Earlier this year a full-page color ad appeared in the press: “Who is Fatih Birol playing for?” he asked, depicting the head of the International Energy Agency dressed as a football player.

The advertisement, put in place by the climate pressure group Avaaz, highlighted the awkward position of the IEA, a group created to protect the interests of oil-consuming countries as it begins to organize the world without fossil fuels.

But this week marked a turning point for the world’s most influential energy body, with the IEA publishing a bomb report how to get zero emissions clean By 2050, the move has been made by investors, climate activists and even member countries after the campaign.

The IEA in Paris is calling for a halt to new oil, gas and coal exploration, but also for an end to hydrocarbon dominance. Energy investment is expected to rise by $ 530 billion annually by 2030, mostly in clean energy, which is now more than $ 2 billion, he said.

“They are effectively calling for a fossil fuel era,” said Mark Lewis, sustainability strategist at BNP Paribas Asset Management. “It’s like the owner of a pub ringing the last bell.”

It’s a tremendous change since the Arab oil embargo and the group’s inception in the early 1970s. His order has been to have enough oil in the event of a supply disruption, such as the first Gulf War, after Hurricane Katrina and the 2011 Libyan crisis.

But just as global governments and corporations are under pressure to tackle climate change, so has the IEA.

“They’ve had to change because of the speed with which policymakers have decided to do something about global warming and the fact that renewable energy costs are falling so quickly,” Kingsmill Bond told Carbon Tracker. “They had to invent themselves.”

What the IEA says is important. Its forecasts are used by oil companies to shape investment strategies, to create energy policies for governments and for stock market investors who want to understand the future.

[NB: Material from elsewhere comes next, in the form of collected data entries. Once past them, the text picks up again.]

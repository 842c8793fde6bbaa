// One line of many over one drawing. Two axes of the line are put together and kept while both stay, with which of the shapes they leave
// over; the third, which stands alone, is asked of those, and the shapes are gathered as for one line.
#![tactic(auto)]

ghost use Rattle.std.specs.Prelude.{◌≡◌, true, ◌<◌, ◌≤◌, IsSomeAnd};
ghost use Rattle.cross_line.specs.Crossing.{good_probe};
ghost use Rattle.cross_kept.specs.Keeping.{starts_at, first, second, along_of, Numbers, Serves, Paired, remains, Leaves, CanPair, Keeps, Follows, Over, Crossed};

use cross_axis::{Along, Ranks, TOGETHER};
use cross_columns::{Columns, PART};
use cross_hits::{Alone, BLOCK, MASKS};
use cross_shapes::Probe;

// One of the three axes.
#[derive(Clone, Copy, Drop)]
pub enum Axis {
    X,
    Y,
    Z,
}

impl Axis {
    // Where its part starts.
    fn start(self) -> usize
        ensures { result ≡ starts_at self }
    {
        match self {
            Axis::X => 0,
            Axis::Y => PART,
            Axis::Z => 2 * PART,
        }
    }

    // The two others.
    fn first(self) -> Axis
        ensures { result ≡ first self }
    {
        match self {
            Axis::X => Axis::Y,
            Axis::Y => Axis::X,
            Axis::Z => Axis::X,
        }
    }

    fn second(self) -> Axis
        ensures { result ≡ second self }
    {
        match self {
            Axis::X => Axis::Z,
            Axis::Y => Axis::Z,
            Axis::Z => Axis::Y,
        }
    }

    // A line's numbers on it.
    fn along(self, probe: Probe) -> Along
        ensures { result ≡ along_of probe self }
    {
        match self {
            Axis::X => Along {
                origin: probe.ox,
                component: probe.dx,
            },
            Axis::Y => Along {
                origin: probe.oy,
                component: probe.dy,
            },
            Axis::Z => Along {
                origin: probe.oz,
                component: probe.dz,
            },
        }
    }
}

// What is kept of two axes that are together: their numbers; which one stands alone; how many shapes there are; of which sixteens the two
// leave something over, and of which of their shapes, by bits.
#[derive(Clone, Copy, Drop)]
pub struct Kept {
    pub one: Along,
    pub other: Along,
    pub alone: Axis,
    pub shapes: usize,
    pub left: u64,
    pub masks: [u32; MASKS],
}

// Whether the two axes that are kept are those of this line too.
fn serves(probe: Probe, kept: &Kept) -> bool
    requires { (good_probe probe ≡ true) × Numbers kept.now }
    ensures { Serves probe kept.now result }
{
    let one = cross_axis::same(kept.one, kept.alone.first().along(probe));
    let other = cross_axis::same(kept.other, kept.alone.second().along(probe));
    one & other
}

fn moves(probe: Probe, next: Probe, axis: Axis) -> bool {
    let here = axis.along(probe);
    let there = axis.along(next);
    (here.origin != there.origin) | (here.component != there.component)
}

// The axis that is to stand alone: one that is another at the next line, so that the two others may serve it.
fn choose(before: Axis, probe: Probe, next: Probe) -> Axis {
    for axis in [before, Axis::Z, Axis::Y, Axis::X] {
        if moves(probe, next, axis) {
            return axis;
        }
    }
    before
}

// Puts two axes together.
fn pair(one: usize, other: usize, shapes: usize, ranks: &mut Ranks)
    requires { (one ≤ 512) × (other ≤ 512) × (shapes ≤ 256) }
    ensures { Paired one other shapes ranks.old.lessers ranks.old.greaters ranks.new.lessers ranks.new.greaters }
{
    for i in 0..shapes {
        let a = one + i;
        let b = other + i;
        let together = TOGETHER + i;
        ranks.lessers[together] = ranks.lessers[a].max(ranks.lessers[b]);
        ranks.greaters[together] = ranks.greaters[a].min(ranks.greaters[b]);
    }
}

// Whether two axes leave shape i over.
fn remains(i: usize, columns: &Columns, ranks: &Ranks) -> bool
    requires { i < 256 }
    ensures { result ≡ remains columns.now.halves ranks.now.lessers ranks.now.greaters i }
{
    let together = TOGETHER + i;
    (columns.halves[i] != 0) | (ranks.lessers[together] < ranks.greaters[together])
}

// Which of the shapes two axes leave over; of which sixteens there are any.
fn leave(shapes: usize, columns: &Columns, ranks: &Ranks, masks: &mut [u32; MASKS]) -> u64
    requires { shapes ≤ 256 }
    ensures { Leaves columns.now.halves ranks.now.lessers ranks.now.greaters masks.new result shapes }
{
    let mut left = 0u32;
    for b in 0..shapes.div_ceil(BLOCK) {
        let start = BLOCK * b;
        let over = cross_hits::picked(|c| remains(start + c, columns, ranks));
        masks[b] = over;
        left = word_bits::with_bit(left, b, over != 0);
    }
    u64::from(left)
}

// The two axes beside the one that stands alone, filled and put together.
fn pair_axes(probe: Probe, alone: Axis, shapes: usize, columns: &Columns, ranks: &mut Ranks) -> Kept
    requires { CanPair probe shapes columns.now.halves columns.now.lows columns.now.highs ranks.old.lessers ranks.old.greaters }
    ensures { Follows probe shapes columns.now.halves columns.now.lows columns.now.highs ranks.new.lessers ranks.new.greaters result }
{
    let first = alone.first();
    let second = alone.second();
    let one = first.start();
    let other = second.start();
    let on_one = first.along(probe);
    let on_other = second.along(probe);
    cross_axis::fill(one, shapes, on_one, columns, ranks);
    cross_axis::fill(other, shapes, on_other, columns, ranks);
    pair(one, other, shapes, ranks);
    let mut masks = [0u32; MASKS];
    let left = leave(shapes, columns, ranks, &mut masks);
    Kept {
        one: on_one,
        other: on_other,
        alone,
        shapes,
        left,
        masks,
    }
}

// Two axes of line k anew.
fn take_up(
    probe: Probe,
    lines: &[f64],
    k: usize,
    before: Axis,
    shapes: usize,
    columns: &Columns,
    ranks: &mut Ranks,
) -> Kept
    requires k_bound { k < 4294967296 }
    requires can { CanPair probe shapes columns.now.halves columns.now.lows columns.now.highs ranks.old.lessers ranks.old.greaters }
    ensures { Follows probe shapes columns.now.halves columns.now.lows columns.now.highs ranks.new.lessers ranks.new.greaters result }
{
    let next = cross_drawn::probe_at(lines, k + 1);
    pair_axes(probe, choose(before, probe, next), shapes, columns, ranks)
}

// Keeps two axes of line k. Where those that are kept serve it nothing is written: a copy at each line was a tenth of the time.
pub fn keep(
    probe: Probe,
    lines: &[f64],
    k: usize,
    kept: &mut Option<Kept>,
    shapes: usize,
    columns: &Columns,
    ranks: &mut Ranks,
)
    requires k_bound { k < 4294967296 }
    requires can { CanPair probe shapes columns.now.halves columns.now.lows columns.now.highs ranks.old.lessers ranks.old.greaters }
    requires keeps { Keeps shapes columns.now.halves columns.now.lows columns.now.highs ranks.old.lessers ranks.old.greaters kept.old }
    ensures { IsSomeAnd kept.new (Follows probe shapes columns.now.halves columns.now.lows columns.now.highs ranks.new.lessers ranks.new.greaters) }
{
    let before = match kept {
        None => Axis::X,
        Some(kept) => {
            if serves(probe, kept) {
                return;
            }
            kept.alone
        }
    };
    *kept = Some(take_up(probe, lines, k, before, shapes, columns, ranks));
}

// What a line has of its shapes, over its axes.
pub fn over_axes(
    probe: Probe,
    kept: &Kept,
    columns: &Columns,
    ranks: &mut Ranks,
    bytes: &mut [u8],
    keys: &mut [u64],
) -> usize
    requires { Over probe kept.now columns.now.halves columns.now.lows columns.now.highs ranks.old.lessers ranks.old.greaters bytes.old keys.old }
    ensures { Crossed probe kept.now columns.now.halves columns.now.lows columns.now.highs ranks.new.lessers ranks.new.greaters bytes.new keys.new result }
{
    let alone = Alone {
        start: kept.alone.start(),
        along: kept.alone.along(probe),
        shapes: kept.shapes,
        left: kept.left,
    };
    cross_hits::gather(probe, alone, &kept.masks, columns, ranks, bytes, keys).unwrap_or(0)
}
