//! A unit's port on the register ring: what arrived from the unit before it and what it sent.
//! The ring and its accumulated mask are the paper's (Sohi, Breach, Vijaykumar, "Multiscalar Processors", ISCA
//! 1995, section 2).
#![tactic(auto)]

pub mod held;
pub mod members;
pub mod port;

Fatih Birol, executive director of the IEA, is leading the agency’s response as governments plan a world that is less dependent on fossil fuels © NTB Scanpix / AFP via Getty Images

Birol, the 63-year-old head of the IEA, has promoted energy security on oil for gas and energy, expanded its relations with new market countries, and promoted energy efficiency and low-carbon technologies.

However, efforts have been made to defend criticism for not respecting fossil fuels.

Birol himself worked on the Opec oil cartel, a sign of the revolving door between the oil and gas companies and the IEA.

“The industry has used IEA scenarios as a shield to continually justify its investment in oil and gas,” said Andrew Logan, director general of oil and gas at the nonprofit Ceres. “This change is very important.”

The IEA strongly denies that it is dependent on or speaks of the oil and gas industry, its mandate is to ensure energy security and, since 2015, to help governments switch to cleaner fuels.

Factions have emerged that advocate cleaner energy and lower carbon technologies within the organization. Investors, climate scientists, environmentalists and governments have also lobbied the group.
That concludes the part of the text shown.